_Action item_: Your job is to copy every record exactly.

[Items from a data source]

◇ ◇ ◇ ◇

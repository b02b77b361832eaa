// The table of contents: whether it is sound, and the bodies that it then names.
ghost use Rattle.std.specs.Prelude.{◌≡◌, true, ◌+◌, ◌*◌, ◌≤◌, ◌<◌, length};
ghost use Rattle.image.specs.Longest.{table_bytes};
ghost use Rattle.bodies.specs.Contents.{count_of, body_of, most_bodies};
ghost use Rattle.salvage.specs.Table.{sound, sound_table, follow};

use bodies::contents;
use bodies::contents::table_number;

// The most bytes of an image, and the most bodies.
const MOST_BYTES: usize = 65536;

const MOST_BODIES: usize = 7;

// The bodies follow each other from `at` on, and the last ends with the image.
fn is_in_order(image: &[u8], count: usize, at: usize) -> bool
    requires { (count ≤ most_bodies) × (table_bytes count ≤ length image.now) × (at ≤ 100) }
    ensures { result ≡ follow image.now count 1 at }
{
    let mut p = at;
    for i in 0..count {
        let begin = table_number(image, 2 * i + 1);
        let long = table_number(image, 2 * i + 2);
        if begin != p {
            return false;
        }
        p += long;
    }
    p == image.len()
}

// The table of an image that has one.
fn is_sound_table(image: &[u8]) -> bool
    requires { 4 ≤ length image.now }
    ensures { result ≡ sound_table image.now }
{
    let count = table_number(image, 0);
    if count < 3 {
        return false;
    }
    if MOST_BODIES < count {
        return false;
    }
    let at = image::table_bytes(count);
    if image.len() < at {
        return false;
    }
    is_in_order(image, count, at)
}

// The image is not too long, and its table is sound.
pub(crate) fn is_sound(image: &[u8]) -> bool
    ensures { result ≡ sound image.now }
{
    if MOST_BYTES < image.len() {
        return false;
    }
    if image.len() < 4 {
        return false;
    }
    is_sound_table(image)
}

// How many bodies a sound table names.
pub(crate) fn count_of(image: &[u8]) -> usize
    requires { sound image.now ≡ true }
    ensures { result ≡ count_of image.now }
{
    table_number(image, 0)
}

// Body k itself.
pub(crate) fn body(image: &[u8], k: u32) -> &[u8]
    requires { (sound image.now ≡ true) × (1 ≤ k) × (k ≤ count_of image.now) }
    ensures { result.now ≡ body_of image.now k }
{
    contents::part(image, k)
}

◇ ◇ ◇ ◇

_Exercise answer_:
repository b02b77b361832eaa
// The table of contents: whether it is sound, and the bodies that it then names.
ghost use Rattle.std.specs.Prelude.{◌≡◌, true, ◌+◌, ◌*◌, ◌≤◌, ◌<◌, length};
ghost use Rattle.image.specs.Longest.{table_bytes};
ghost use Rattle.bodies.specs.Contents.{count_of, body_of, most_bodies};
ghost use Rattle.salvage.specs.Table.{sound, sound_table, follow};

use bodies::contents;
use bodies::contents::table_number;

// The most bytes of an image, and the most bodies.
const MOST_BYTES: usize = 65536;

const MOST_BODIES: usize = 7;

// The bodies follow each other from `at` on, and the last ends with the image.
fn is_in_order(image: &[u8], count: usize, at: usize) -> bool
    requires { (count ≤ most_bodies) × (table_bytes count ≤ length image.now) × (at ≤ 100) }
    ensures { result ≡ follow image.now count 1 at }
{
    let mut p = at;
    for i in 0..count {
        let begin = table_number(image, 2 * i + 1);
        let long = table_number(image, 2 * i + 2);
        if begin != p {
            return false;
        }
        p += long;
    }
    p == image.len()
}

// The table of an image that has one.
fn is_sound_table(image: &[u8]) -> bool
    requires { 4 ≤ length image.now }
    ensures { result ≡ sound_table image.now }
{
    let count = table_number(image, 0);
    if count < 3 {
        return false;
    }
    if MOST_BODIES < count {
        return false;
    }
    let at = image::table_bytes(count);
    if image.len() < at {
        return false;
    }
    is_in_order(image, count, at)
}

// The image is not too long, and its table is sound.
pub(crate) fn is_sound(image: &[u8]) -> bool
    ensures { result ≡ sound image.now }
{
    if MOST_BYTES < image.len() {
        return false;
    }
    if image.len() < 4 {
        return false;
    }
    is_sound_table(image)
}

// How many bodies a sound table names.
pub(crate) fn count_of(image: &[u8]) -> usize
    requires { sound image.now ≡ true }
    ensures { result ≡ count_of image.now }
{
    table_number(image, 0)
}

// Body k itself.
pub(crate) fn body(image: &[u8], k: u32) -> &[u8]
    requires { (sound image.now ≡ true) × (1 ≤ k) × (k ≤ count_of image.now) }
    ensures { result.now ≡ body_of image.now k }
{
    contents::part(image, k)
}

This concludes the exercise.